Survey blames poor IT for UK's high rates of unpaid overtime

Almost 66% of employees work an extra hour or more a day, and 13% of employees are putting in four hours or more a day outside...

Almost 66% of employees work an extra hour or more a day, and 13% of employees are putting in four hours or more a day outside their core business hours, according to research by software company WRQ. The study cited problems with technology as one of the key reasons for late working.

The survey found that more than 50% of employees do not get paid for the additional hours spent at their desks and nearly 75% do not take their full lunch break entitlement.

Such high levels of over-service mean that some UK companies are getting an extra eight working days a year per employee.

"Putting these figures into perspective, for every working week, 13% of employees are giving an extra half a week for free," said Bob Stream, head of WRQ UK. "It is as if these British workers are giving their employers supermarket style offers - buy two weeks and get the third free.

"In monetary terms, this equates to more than £12,000 of 'free labour' per employee each year, based on the average gross hourly earnings of £11.73 per hour [Office For National Statistics, April 2002].

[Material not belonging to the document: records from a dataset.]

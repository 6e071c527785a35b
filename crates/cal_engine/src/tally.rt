ghost use Rattle.std.specs.Prelude.{◌≡◌, [], ◌∷◌, ◌++◌, List, is_some, IfOk, OnOk};
ghost use Rattle.std.specs.List.{All};
ghost use Rattle.cal_context.specs.Snapshots.{IsIn, meaning};
ghost use Rattle.cal_context.specs.Tree.{Grows, Tree};
ghost use Rattle.cal_ql.specs.declared.query.Query.{Query as AQuery};
ghost use Rattle.cal_value.specs.declared.record.Rec.{Rec as ARecord};
ghost use Rattle.cal_keys.specs.Groups.{group_of};
ghost use Rattle.cal_keys.specs.Keys.{IsKeyOf, names_in, room_of};
ghost use Rattle.cal_keys.specs.Sieves.{IsReadySieve};
ghost use Rattle.cal_engine.specs.Tallies.{IsReadyTally, IsTally};

use crate::joining::merge_groups;
use crate::numbered::NumberedGroups;
use cal_context::{Context, NodeNumber, Snapshot};
use cal_filter::Counts;
use cal_keys::{GroupKey, Sieve, key_by_names, key_by_nodes};
use cal_parts::{Counters, readings_of};
use cal_ql::Query;
use cal_seeds::Seeds;
use cal_value::OutOfMemory;
use std::alloc::Global;
use std::mem;

/// The groups of an aggregated query over records by number, and what is kept beside the numbers.
#[derive(Drop)]
pub(crate) struct Tally {
    counters: Counters,
    sieve: Sieve,
    // the tree of groups, in which the paths lie that the names of GROUP BY take
    own: Context,
    // so much of the context of records the counters and the sieve know
    known: Counts,
    groups: NumberedGroups,
    // room to work in
    nodes: Vec<NodeNumber>,
}

impl Tally {
    /// The tally of no record, where groups and names hash by these seeds.
    pub(crate) fn new(alloc: Global, seeds: Seeds, query: &Query) -> Result<Tally, OutOfMemory>
        ensures { IfOk result (λ tally. (t : Tree) → IsTally t query.now [] tally) }
    {
        let readings = readings_of(alloc, query.aggs.as_slice())?;
        let counters = Counters::of(alloc, seeds, &readings)?;
        let sieve = Sieve::of(alloc, seeds, &query.group)?;
        Ok(Tally {
            counters,
            sieve,
            own: Context::seeded(alloc, seeds),
            known: Counts::NONE,
            groups: NumberedGroups::new(alloc, seeds),
            nodes: Vec::new(alloc),
        })
    }

    /// Adds a record of a query, which has GROUP BY or not.
    pub(crate) fn take(
        &mut self,
        alloc: Global,
        by_name: bool,
        context: &Context,
        snapshot: &Snapshot,
    ) -> Result<(), OutOfMemory>
        requires { IsIn context.now snapshot.now }
        ensures { OnOk result ((q : AQuery) (rs : List ARecord) → by_name ≡ is_some q.group
            → IsTally context.now q rs self.old
            → IsTally context.now q (rs ++ meaning context.now snapshot.now ∷ []) self.new) }
    {
        context.has_each_once();
        self.catch_up(context)?;
        let key = key_of(
            alloc,
            by_name,
            context,
            snapshot,
            &self.sieve,
            &mut self.own,
            self.groups.near(),
            mem::replace(&mut self.nodes, Vec::new(alloc)),
        )?;
        self.own.has_each_once();
        self.groups
            .gather(alloc, &key, &self.counters, context, snapshot)?;
        self.nodes = key.into_room();
        Ok(())
    }

    /// Lets the counters and the sieve know what is new in a context.
    fn catch_up(&mut self, context: &Context) -> Result<(), OutOfMemory>
        ensures { OnOk result ((q : AQuery) (rs : List ARecord)
            → IsTally context.now q rs self.old → IsReadyTally context.now q rs self.new) }
    {
        if self.known.covers(context) {
            return Ok(());
        }
        self.counters.catch_up(context)?;
        self.sieve.catch_up(context, &mut self.own)?;
        self.known = Counts::of(context);
        Ok(())
    }

    /// Puts the groups of another tally of a query behind, which has GROUP BY or not. Without it the
    /// nodes of their keys are put into the context.
    pub(crate) fn merge(
        &mut self,
        alloc: Global,
        by_name: bool,
        context: &mut Context,
        other: &Tally,
        its: &Context,
    ) -> Result<(), OutOfMemory>
        ensures merged { OnOk result ((q : AQuery) (rs ss : List ARecord)
            → by_name ≡ is_some q.group → IsTally context.old q rs self.old
            → IsTally its.now q ss other.now → IsTally context.new q (rs ++ ss) self.new) }
        ensures grows { Grows context.old context.new }
    {
        if by_name {
            return merge_groups(
                alloc,
                &mut self.groups,
                &mut self.own,
                &other.groups,
                &other.own,
            );
        }
        merge_groups(alloc, &mut self.groups, context, &other.groups, its)
    }

    /// The groups, and the tree in which their keys lie with GROUP BY. All else is dropped.
    pub(crate) fn into_groups(self) -> TalliedGroups
        ensures own { result.own ≡ self.own }
        ensures groups { result.groups ≡ self.groups }
    {
        TalliedGroups {
            own: self.own,
            groups: self.groups,
        }
    }
}

/// The groups of a tally, and the tree in which their keys lie with GROUP BY.
#[derive(Drop)]
pub(crate) struct TalliedGroups {
    pub own: Context,
    pub groups: NumberedGroups,
}

/// The key of a record of a query, which has GROUP BY or not. With it, the node of its immediates
/// may be `near`. `room` is what its paths may take.
fn key_of(
    alloc: Global,
    by_name: bool,
    context: &Context,
    snapshot: &Snapshot,
    sieve: &Sieve,
    own: &mut Context,
    near: NodeNumber,
    room: Vec<NodeNumber>,
) -> Result<GroupKey, OutOfMemory>
    requires { IsIn context.now snapshot.now }
    ensures key { IfOk result (λ key. (q : AQuery) → by_name ≡ is_some q.group
        → IsReadySieve context.now own.old (names_in q.group) sieve.now
        → IsKeyOf (room_of q.group context.now own.new)
        (group_of q.group (meaning context.now snapshot.now)) key) }
    ensures grows { OnOk result (Grows own.old own.new) }
{
    if !by_name {
        return key_by_nodes(context, snapshot, room);
    }
    let key = key_by_names(alloc, context, sieve, own, snapshot, near, room)?;
    Ok(key)
}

"Even for those employees working just one extra hour a day, this totals more than 30 working days a year - well in excess of most people's holiday entitlement."

According to WRQ, technology is a root cause of the high rates of overtime among UK employees. The survey found that inefficient technology has over-burdened the increasingly stressed office worker. Also, many companies rely on large numbers of disparate, older IT systems that can require time-consuming labour.

The overtime situation was found to be significantly worse for employees in the Midlands, Wales and the south of England, where almost one quarter (24% in the Midlands/Wales and 22% in the South) work on average at least 2.5 extra hours a day, compared to just 10% of office workers in the north of England and Scotland.

WRQ's research also found that older workers are worse off when it comes to overtime pay. Although 47% of the 16- to 24-year-olds questioned said they receive additional salary for any extra hours worked, only 13% of 55- to 64-year-olds do so, with 71% never receiving extra pay for overtime.